(Dataset entries)
——————

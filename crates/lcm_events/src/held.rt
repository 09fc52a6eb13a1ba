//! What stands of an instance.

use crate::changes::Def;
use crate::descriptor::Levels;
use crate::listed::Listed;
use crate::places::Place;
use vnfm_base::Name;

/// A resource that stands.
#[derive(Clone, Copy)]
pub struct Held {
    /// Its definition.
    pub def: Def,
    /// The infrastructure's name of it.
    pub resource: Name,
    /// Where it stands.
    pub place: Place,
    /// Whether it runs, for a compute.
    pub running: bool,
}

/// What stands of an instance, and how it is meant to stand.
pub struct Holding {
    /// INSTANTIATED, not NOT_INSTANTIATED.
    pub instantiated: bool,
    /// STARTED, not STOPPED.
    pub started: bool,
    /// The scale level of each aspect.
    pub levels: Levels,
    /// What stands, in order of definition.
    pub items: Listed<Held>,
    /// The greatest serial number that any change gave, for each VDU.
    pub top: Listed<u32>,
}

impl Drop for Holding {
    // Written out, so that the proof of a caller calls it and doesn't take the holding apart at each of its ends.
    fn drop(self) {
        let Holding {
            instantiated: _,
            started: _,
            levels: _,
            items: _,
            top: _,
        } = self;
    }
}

——————

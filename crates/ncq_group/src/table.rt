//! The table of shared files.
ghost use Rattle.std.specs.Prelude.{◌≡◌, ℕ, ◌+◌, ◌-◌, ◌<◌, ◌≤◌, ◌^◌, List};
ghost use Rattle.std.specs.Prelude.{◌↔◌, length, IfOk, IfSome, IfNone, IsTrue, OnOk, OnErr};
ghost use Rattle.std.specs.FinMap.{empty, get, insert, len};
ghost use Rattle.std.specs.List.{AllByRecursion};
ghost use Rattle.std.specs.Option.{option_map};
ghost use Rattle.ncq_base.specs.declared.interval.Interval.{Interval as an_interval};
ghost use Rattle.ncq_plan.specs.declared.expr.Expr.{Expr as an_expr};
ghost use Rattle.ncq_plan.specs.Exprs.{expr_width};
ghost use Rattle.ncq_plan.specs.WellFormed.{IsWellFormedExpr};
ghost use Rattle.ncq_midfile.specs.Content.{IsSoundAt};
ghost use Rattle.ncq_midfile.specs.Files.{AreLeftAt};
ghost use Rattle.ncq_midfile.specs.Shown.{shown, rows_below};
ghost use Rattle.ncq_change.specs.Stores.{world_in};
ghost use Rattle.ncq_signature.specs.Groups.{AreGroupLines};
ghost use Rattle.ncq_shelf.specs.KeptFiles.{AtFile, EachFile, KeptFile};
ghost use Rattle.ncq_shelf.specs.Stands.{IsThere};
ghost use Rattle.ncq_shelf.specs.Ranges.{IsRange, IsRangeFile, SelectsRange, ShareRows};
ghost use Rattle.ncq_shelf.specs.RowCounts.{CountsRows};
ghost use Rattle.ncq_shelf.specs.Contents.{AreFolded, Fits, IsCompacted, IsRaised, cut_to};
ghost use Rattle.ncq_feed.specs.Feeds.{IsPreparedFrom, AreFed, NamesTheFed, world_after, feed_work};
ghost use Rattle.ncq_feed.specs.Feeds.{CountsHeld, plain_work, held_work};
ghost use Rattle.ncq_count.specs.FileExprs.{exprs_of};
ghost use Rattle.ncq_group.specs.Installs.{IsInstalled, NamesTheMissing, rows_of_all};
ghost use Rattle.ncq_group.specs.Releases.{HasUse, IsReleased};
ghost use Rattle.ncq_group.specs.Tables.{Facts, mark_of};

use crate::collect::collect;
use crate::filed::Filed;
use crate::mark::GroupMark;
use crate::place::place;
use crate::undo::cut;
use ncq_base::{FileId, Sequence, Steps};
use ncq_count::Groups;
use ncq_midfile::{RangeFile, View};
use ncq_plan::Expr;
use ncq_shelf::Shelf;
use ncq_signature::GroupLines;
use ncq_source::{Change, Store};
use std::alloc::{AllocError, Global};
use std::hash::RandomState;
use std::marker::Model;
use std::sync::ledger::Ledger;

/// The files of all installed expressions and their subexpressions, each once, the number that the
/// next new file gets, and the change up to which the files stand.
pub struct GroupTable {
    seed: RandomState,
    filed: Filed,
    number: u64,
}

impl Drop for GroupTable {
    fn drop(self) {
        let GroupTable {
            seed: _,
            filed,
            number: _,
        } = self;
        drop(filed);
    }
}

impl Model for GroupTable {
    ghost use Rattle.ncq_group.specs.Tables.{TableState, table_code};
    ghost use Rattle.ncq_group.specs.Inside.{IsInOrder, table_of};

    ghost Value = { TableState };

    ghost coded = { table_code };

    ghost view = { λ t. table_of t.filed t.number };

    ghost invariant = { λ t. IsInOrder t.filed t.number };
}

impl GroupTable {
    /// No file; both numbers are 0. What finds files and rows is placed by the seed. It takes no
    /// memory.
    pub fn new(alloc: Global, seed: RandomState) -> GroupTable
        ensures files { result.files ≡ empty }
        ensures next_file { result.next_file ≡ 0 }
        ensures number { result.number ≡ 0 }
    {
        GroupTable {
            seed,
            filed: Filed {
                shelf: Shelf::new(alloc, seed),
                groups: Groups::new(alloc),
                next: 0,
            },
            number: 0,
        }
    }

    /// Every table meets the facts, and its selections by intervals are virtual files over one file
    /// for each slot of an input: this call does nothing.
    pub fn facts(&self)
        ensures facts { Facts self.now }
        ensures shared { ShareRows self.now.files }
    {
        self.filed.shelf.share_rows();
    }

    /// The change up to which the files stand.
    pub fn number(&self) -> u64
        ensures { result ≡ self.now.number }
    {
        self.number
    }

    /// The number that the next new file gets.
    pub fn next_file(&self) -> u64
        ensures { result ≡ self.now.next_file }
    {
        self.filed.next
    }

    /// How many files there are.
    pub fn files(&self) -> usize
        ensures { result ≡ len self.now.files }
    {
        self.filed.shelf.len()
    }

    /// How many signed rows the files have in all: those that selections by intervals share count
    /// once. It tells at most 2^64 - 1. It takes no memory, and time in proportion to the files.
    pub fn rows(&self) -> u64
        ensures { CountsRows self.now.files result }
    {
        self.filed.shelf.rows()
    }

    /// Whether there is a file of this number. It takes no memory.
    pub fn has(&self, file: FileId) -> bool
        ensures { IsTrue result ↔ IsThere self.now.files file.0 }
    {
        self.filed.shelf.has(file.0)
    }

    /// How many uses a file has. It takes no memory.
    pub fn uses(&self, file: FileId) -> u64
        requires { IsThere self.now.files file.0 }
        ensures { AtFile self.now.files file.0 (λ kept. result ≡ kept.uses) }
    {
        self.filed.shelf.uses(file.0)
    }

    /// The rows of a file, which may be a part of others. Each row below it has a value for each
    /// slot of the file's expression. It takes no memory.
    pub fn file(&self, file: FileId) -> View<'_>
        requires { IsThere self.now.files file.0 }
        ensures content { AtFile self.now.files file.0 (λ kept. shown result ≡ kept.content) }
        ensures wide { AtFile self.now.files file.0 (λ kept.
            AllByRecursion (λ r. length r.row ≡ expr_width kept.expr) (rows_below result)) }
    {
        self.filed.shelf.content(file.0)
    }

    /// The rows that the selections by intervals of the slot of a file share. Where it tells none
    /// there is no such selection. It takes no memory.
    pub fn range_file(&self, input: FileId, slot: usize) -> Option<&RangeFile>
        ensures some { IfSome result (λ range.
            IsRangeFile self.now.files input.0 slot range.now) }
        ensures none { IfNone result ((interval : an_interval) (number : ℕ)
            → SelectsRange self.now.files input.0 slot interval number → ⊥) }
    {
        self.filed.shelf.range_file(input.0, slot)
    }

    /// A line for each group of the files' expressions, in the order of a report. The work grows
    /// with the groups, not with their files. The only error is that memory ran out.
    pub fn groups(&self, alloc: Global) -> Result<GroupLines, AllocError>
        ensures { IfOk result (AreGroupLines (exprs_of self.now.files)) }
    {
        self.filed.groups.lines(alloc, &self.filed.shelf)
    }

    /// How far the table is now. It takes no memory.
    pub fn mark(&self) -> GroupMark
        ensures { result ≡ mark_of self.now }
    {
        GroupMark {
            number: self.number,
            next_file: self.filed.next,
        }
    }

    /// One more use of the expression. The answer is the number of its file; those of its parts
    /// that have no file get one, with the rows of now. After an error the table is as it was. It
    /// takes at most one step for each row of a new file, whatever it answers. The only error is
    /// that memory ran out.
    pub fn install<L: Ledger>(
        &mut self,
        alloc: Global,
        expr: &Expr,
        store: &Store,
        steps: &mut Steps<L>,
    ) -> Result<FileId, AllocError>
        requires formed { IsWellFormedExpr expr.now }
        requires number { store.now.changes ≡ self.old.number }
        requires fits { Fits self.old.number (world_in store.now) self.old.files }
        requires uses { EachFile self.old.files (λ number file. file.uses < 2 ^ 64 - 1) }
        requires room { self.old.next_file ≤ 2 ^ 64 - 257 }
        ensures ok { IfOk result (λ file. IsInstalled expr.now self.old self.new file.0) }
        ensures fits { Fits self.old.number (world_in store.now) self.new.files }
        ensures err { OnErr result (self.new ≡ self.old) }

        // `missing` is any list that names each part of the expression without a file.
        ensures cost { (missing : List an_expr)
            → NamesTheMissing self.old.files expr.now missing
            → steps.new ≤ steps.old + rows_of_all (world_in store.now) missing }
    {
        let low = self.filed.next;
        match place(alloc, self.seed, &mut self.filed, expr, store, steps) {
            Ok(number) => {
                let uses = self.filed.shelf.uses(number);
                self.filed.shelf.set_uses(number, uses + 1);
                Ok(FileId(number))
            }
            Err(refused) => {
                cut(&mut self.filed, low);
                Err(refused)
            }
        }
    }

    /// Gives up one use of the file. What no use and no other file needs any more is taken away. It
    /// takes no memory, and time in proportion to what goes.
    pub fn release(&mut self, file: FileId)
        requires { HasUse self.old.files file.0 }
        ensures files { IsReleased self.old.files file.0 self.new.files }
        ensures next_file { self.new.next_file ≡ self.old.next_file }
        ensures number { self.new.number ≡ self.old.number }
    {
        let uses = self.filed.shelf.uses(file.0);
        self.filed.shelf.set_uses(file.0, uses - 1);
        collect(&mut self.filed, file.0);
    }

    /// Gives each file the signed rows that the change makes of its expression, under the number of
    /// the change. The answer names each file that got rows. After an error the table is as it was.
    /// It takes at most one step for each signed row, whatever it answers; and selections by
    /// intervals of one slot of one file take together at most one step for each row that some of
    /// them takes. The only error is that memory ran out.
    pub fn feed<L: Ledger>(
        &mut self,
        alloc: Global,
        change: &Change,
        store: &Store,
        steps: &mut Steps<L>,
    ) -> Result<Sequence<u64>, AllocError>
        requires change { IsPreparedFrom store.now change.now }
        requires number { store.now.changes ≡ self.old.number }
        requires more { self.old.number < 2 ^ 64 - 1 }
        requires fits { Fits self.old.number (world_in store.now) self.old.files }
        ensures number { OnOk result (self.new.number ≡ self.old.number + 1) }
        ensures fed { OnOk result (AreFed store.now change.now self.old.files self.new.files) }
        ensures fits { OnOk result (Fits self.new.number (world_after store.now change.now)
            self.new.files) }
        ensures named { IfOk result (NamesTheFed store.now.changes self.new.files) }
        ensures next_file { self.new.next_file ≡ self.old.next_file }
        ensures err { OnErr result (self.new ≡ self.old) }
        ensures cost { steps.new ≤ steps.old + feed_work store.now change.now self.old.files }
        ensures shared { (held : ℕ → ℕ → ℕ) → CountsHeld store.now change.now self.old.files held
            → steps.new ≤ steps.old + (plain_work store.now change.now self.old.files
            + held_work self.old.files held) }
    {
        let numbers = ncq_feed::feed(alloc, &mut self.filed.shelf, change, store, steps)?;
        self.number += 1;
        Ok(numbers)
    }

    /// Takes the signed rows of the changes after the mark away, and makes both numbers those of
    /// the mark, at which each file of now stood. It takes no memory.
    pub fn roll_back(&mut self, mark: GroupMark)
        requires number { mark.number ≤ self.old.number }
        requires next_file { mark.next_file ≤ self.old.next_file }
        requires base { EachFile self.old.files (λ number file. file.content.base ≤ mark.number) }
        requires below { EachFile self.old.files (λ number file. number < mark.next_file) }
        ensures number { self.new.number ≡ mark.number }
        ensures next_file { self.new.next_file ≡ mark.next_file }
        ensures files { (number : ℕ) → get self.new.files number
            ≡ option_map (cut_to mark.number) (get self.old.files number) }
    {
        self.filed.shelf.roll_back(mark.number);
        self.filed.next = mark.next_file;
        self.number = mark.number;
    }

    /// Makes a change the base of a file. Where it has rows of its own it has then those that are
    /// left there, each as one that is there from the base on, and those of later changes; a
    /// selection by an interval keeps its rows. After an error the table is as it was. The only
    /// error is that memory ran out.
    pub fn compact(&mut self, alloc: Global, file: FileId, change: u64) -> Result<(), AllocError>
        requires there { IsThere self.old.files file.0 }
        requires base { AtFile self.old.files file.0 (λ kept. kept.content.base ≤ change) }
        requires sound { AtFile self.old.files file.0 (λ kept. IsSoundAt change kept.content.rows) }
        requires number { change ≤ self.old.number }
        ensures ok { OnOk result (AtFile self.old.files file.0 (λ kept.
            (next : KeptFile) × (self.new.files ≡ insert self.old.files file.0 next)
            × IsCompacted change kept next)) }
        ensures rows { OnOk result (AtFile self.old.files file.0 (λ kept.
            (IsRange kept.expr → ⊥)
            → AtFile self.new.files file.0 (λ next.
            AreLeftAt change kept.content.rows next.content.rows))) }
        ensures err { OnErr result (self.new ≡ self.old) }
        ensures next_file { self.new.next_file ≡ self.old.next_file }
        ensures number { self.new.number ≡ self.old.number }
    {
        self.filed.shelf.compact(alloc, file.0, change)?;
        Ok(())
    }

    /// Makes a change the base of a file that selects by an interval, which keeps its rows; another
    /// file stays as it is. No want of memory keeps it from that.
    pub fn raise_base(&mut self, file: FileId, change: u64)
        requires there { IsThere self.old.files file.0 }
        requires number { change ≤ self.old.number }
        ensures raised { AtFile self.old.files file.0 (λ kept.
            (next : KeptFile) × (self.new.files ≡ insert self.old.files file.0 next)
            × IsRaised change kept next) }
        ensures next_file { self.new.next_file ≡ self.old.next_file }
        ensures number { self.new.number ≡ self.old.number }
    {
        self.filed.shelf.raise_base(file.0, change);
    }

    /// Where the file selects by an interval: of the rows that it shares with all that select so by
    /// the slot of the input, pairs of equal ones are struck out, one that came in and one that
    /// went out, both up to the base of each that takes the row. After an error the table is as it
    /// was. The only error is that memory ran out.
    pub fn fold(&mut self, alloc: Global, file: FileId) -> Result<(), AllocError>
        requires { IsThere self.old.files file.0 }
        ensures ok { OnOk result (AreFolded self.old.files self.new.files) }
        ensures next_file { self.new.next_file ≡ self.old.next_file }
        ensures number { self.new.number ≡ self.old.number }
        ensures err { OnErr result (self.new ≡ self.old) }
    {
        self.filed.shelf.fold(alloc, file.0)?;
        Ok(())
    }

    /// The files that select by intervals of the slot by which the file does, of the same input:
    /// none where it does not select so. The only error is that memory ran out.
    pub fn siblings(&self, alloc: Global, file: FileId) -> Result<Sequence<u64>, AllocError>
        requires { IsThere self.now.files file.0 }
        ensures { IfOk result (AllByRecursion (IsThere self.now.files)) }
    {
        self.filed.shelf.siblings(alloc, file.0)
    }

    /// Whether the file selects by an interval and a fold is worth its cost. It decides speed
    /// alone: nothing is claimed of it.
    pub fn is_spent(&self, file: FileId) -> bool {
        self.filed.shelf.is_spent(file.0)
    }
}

——————

■ DESCRIPTION OF THE TASK
Pick out and copy the lines of the entries that hold the string "bool".

■ REPLY
    pub running: bool,
    pub instantiated: bool,
    pub started: bool,
    pub fn has(&self, file: FileId) -> bool
    pub fn is_spent(&self, file: FileId) -> bool {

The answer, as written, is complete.